# Susan G. Komen Fundraiser - San Antonio (Poker Tournie and Golf at the TPC)



## GunDog (Jun 6, 2006)

The company that I work for is holding our second annual Susan G. Komen fundraiser this year. Last year a ton of 2coolers donated items to event and we raised 18,000!

The event is a Casino Night and Poker Tournament on October 28th at the new JW Marriott. The Casino Night is $50/person and the Poker Tournament is a $50 buy-in (I say go for the poker tournie).

We are also holding a golf tournament on October 29th at the TPC Golf Course. A foursome costs $650 and a single player is $175. The cost includes green fees, cart, and lunch. If you are really into golf and have wanted to play this exclusive course, this is the way to go.

If you would like to register you can do so on the website below or you can PM me.

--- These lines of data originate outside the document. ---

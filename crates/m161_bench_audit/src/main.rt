//! The auditor's side of the benchmarks: the events of a schedule, audited, and the same Steps bare.
//!
//! ```text
//! m161_bench_audit STEPS WATCHES [ROW]    audits STEPS Steps of a loop with WATCHES watches, or
//!                                         makes them without an audit if WATCHES is `bare`; the
//!                                         loop runs in kseg0, or mapped by ROW of the TLB
//! ```
//!
//! The loop is that of `m161_bench`. Before it the program stores to both words of 64 watches, the
//! first of which watches the loop's page, where it is mapped: so initiators have gone on, and no
//! use is stale. Standard output gets the number of Steps, and standard error the nanoseconds.
//!
//! It is a program of its own: with another caller of the Step the compiler would inline less of
//! `m161_bench`.
#![tactic(auto)]

mod image;
mod ways;

use crate::image::image;
use crate::ways::{Took, audited, bare};
use std::env;
use std::process::ExitCode;
use std::time::Clock;

/// A task of the program.
#[derive(Clone, Copy)]
struct Task {
    steps: u32,
    watches: Option<u8>,
    row: Option<u8>,
}

// The task of the arguments.
fn arguments(rt: &HostRuntime) -> Option<Task> {
    let mut words = env::args(rt).ok()?.skip(1);
    let steps = words.next()?.parse().ok()?;
    let watches = words.next()?;
    let watches = if watches.as_str() == "bare" {
        None
    } else {
        Some(watches.parse().ok()?)
    };
    let row = match words.next() {
        Some(row) => Some(row.parse().ok()?),
        None => None,
    };
    Some(Task {
        steps,
        watches,
        row,
    })
}

// Makes the Steps of a task.
fn make(rt: &(impl Clock + AllocGlobal), task: Task) -> Option<Took> {
    let image = image(rt.alloc(), task.row)?;
    match task.watches {
        Some(number) => audited(rt, image.as_slice(), task.steps, number),
        None => bare(rt, image.as_slice(), task.steps),
    }
}

// Makes the Steps of a task and prints the result; `None` if something fails.
fn make_task(rt: &HostRuntime, task: Task) -> Option<()> {
    let took = make(rt, task)?;
    println!(rt; "{}", took.steps).ok()?;
    eprintln!(rt; "{}", took.nanoseconds).ok()
}

fn main(rt: HostRuntime) -> ExitCode {
    let Some(task) = arguments(&rt) else {
        return ExitCode::from(2);
    };
    ExitCode::from(if make_task(&rt, task).is_some() { 0 } else { 1 })
}
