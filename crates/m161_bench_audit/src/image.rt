//! The programs that the benchmark runs, from their texts to the files that a machine boots.

use m161_asm::assemble;
use m161_elf_writer::write;
use std::alloc::{AllocError, Global};

/// Stores to the page table's entries and the marks of 64 watches, so that all initiators have gone
/// on. Each entry is frame 1, writable, valid and global.
const STORES: &str = "\
        lui     $8, 0x8000
        ori     $8, $8, 0x4000
        ori     $9, $0, 0x1700
        ori     $10, $0, 64
watch:  sw      $9, 0($8)
        sw      $9, 4($8)
        addiu   $10, $10, -1
        bne     $10, $0, watch
        addiu   $8, $8, 8
";

/// The loop of `m161_bench`, at the start of frame 1. Its data is at the address in $16.
const LOOP: &str = "\
        .org    0x80001000
loop:   lw      $8, 0($16)
        addu    $9, $8, $17
        sll     $10, $9, 3
        srl     $11, $9, 5
        xor     $9, $10, $11
        sw      $9, 0($16)
        lbu     $12, 2($16)
        addiu   $18, $18, 1
        slt     $13, $12, $9
        sb      $13, 4($16)
        bne     $18, $0, loop
        addu    $17, $17, $18
";

// The text that goes to the loop in kseg0.
fn in_kseg0(alloc: Global) -> Result<String, AllocError> {
    format!(in alloc;
        "\
{STORES}
        lui     $16, 0x8000
        ori     $16, $16, 0x1800
        j       loop
        nop
{LOOP}"
    )
}

// The text that maps the page of the loop, at 00400000, by a row of the TLB, and goes there: the
// loop's data is in the same page.
fn mapped_by(alloc: Global, row: u8) -> Result<String, AllocError> {
    let index = u32::from(row) * 256;
    format!(in alloc;
        "\
{STORES}
        lui     $8, 0x0040
        mtc0    $8, $10             # EntryHi
        ori     $9, $0, 0x1700
        mtc0    $9, $2              # EntryLo: as the page table's entries
        ori     $10, $0, {index}    # the row, in the upper byte
        mtc0    $10, $0             # Index
        tlbwi
        lui     $16, 0x0040
        ori     $16, $16, 0x0800
        jr      $8
        nop
{LOOP}"
    )
}

/// The file of the loop, in kseg0 or mapped by a row.
pub(crate) fn image(alloc: Global, row: Option<u8>) -> Option<Vec<u8>> {
    let source = match row {
        Some(row) => mapped_by(alloc, row).ok()?,
        None => in_kseg0(alloc).ok()?,
    };
    let program = assemble(alloc, source.as_str()).ok()?;
    write(alloc, &program).ok()
}
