//! The same Steps, bare and audited.

use m161::{Conf, Console, Event, Events, LinkUnit, Machine, Tlb};
use m161_audit::{Finding, Watch, audit_events};
use std::alloc::Global;
use std::time::{Clock, Instant};

/// The page of the loop, where it is mapped.
const PAGE: u32 = 0x400;

/// The first word of the watches.
const WORDS: u32 = 0x4000;

/// Steps, and the nanoseconds that they took.
#[derive(Clone, Copy)]
pub(crate) struct Took {
    pub(crate) steps: u64,
    pub(crate) nanoseconds: u128,
}

// A machine of one processor, with room for `steps` Steps.
fn conf(steps: u32) -> Conf {
    Conf {
        ram: 65_536,
        processors: 1,
        log: steps,
        link: LinkUnit::Word,
        strict: false,
    }
}

// Watches of the loop's page and of those after it, the words of each after those of the one before.
fn watches(alloc: Global, number: u8) -> Option<Vec<Watch>> {
    let mut watches = Vec::new(alloc);
    for k in 0..u32::from(number) {
        watches
            .push(Watch {
                id: 0,
                page: PAGE + k,
                pte: WORDS + 8 * k,
                done: WORDS + 8 * k + 4,
            })
            .ok()?;
    }
    Some(watches)
}

// The number of the Steps that a machine has made.
fn steps_made(machine: &Machine) -> Option<u64> {
    if machine.processors() == 0 {
        return None;
    }
    Some(machine.count(0))
}

/// Boots a file and makes `steps` Steps, without an audit.
pub(crate) fn bare(rt: &(impl Clock + AllocGlobal), image: &[u8], steps: u32) -> Option<Took> {
    let start = Instant::now(rt).ok()?;
    let mut machine = Machine::boot(rt.alloc(), image, conf(steps)).ok()?;
    let _ = machine.steps(0, steps);
    let took = start.elapsed(rt).ok()?;
    Some(Took {
        steps: steps_made(&machine)?,
        nanoseconds: took.as_nanos(),
    })
}

/// Boots the file and audits the same Steps, with the first `number` watches; `None` if one is a
/// stale use.
pub(crate) fn audited(
    rt: &(impl Clock + AllocGlobal),
    image: &[u8],
    steps: u32,
    number: u8,
) -> Option<Took> {
    let mut events = Events::new(rt.alloc());
    events.push_times(Event::Step(0), steps).ok()?;
    let watches = watches(rt.alloc(), number)?;
    let watches = watches.as_slice();
    let start = Instant::now(rt).ok()?;
    let found = audit_events::<Tlb, Console>(rt.alloc(), image, conf(steps), &events, watches);
    let took = start.elapsed(rt).ok()?;
    if found != Ok(Finding::Clean) {
        return None;
    }
    Some(Took {
        steps: u64::from(steps),
        nanoseconds: took.as_nanos(),
    })
}
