/// What the child at a key's byte tells of the keys down from that one.
#[inline(always)]
fn back_bit_of(child: Child, at: Place, from: u64, byte: u8) -> Bit
    requires level { at.level < 8 }
    requires byte { byte ≡ byte_at from at.level }
    ensures bit { (log : List Entry) → ChildMakes at.form at.level child.first child.second from log → BackHolds log from result }
    ensures knows { (w : View) → Tells child.first w → KnowsBack from result w }
{
    if at.form > 4 {
        return Bit::Told(
            Some(Pair {
                key: from,
                value: child.second,
            }),
            from,
        );
    }
    if child.first % 256 == 9 {
        return back_lone(child, at.level, from, byte);
    }
    let item = Item {
        byte,
        first: child.first,
        last: child.second,
    };
    let back = back_of_item(item, at, from);
    match back.next {
        Next::Here(value) => Bit::Told(Some(Pair { key: from, value }), from),
        Next::Down(place) => Bit::Down(place),
        Next::After(_) => Bit::Told(None, back.from),
    }
}

/// Puts a pair that isn't before the first key into its place, and gives the number of pairs that then stand.
#[inline(always)]
fn put_back(out: &mut [Pair], count: usize, pair: Option<Pair>, first: u64) -> usize
    requires { count < length out.old }
    ensures pairs { take result out.new ≡ take count out.old ++ not_before first pair }
    ensures same { length out.new ≡ length out.old }
    ensures count { result ≤ count + 1 }
{
    let Some(pair) = pair else {
        return count;
    };
    if pair.key < first {
        return count;
    }
    out[count] = pair;
    count + 1
}

/// Where the next key down is told, and which it is.
#[inline(always)]
fn back_run_of(at: Place, version: u64, part: Part, stop: u64, first: u64) -> Run
    requires { first ≤ stop }
    ensures same { (result.at ≡ at) × (result.version ≡ version) × (result.count ≡ part.count) }
    ensures next { lowest first result.next ≡ lowest stop part.next }
    ensures inside { IfSome part.next (λ k. stop ≤ k) → IfSome result.next (λ k. first ≤ k) }
    ensures turn { (w : View) → IfSome part.below (λ p. IsPlace p w) → IsTurn result.turn w }
{
    let Part { next, count, below } = part;
    let Some(key) = next else {
        if stop > first {
            return Run {
                at,
                version,
                next: Some(stop - 1),
                count,
                turn: Turn::Up,
            };
        }
        return Run {
            at,
            version,
            next: None,
            count,
            turn: Turn::Here,
        };
    };
    let turn = match below {
        Some(place) => Turn::Down(place),
        None => Turn::Here,
    };
    Run {
        at,
        version,
        next: Some(key),
        count,
        turn,
    }
}

/// Whether an earlier key is next, or none.
#[inline(always)]
fn is_earlier(next: Option<u64>, from: u64) -> bool
    ensures { (first : ℕ) → first ≤ from → result ≡ true → lowest first next ≤ from }
{
    match next {
        Some(key) => key < from,
        None => true,
    }
}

http://www.fightfromthefairway.org/satx.htm

Thanks!

Also, if you have any questions, you can PM me too.


----------



## GunDog (Jun 6, 2006)

Just in case you were thinking about coming but did not want to committ until you knew the prizes....

Poker Tournie - 
1st place: flat screen TV
2nd place: 1 night stay at the Sheraton Gunter Hotel and a restaurant certificate
3rd place: 1 year of unlimited car washes from the Wash Tub.

Casino Raffle - 
Signed/numbered print
2 night/3 day inclusive stay at Flying L Guest Ranch
Lia Sophia necklace and earing set

We have tons of stuff for the silent auction too!


----------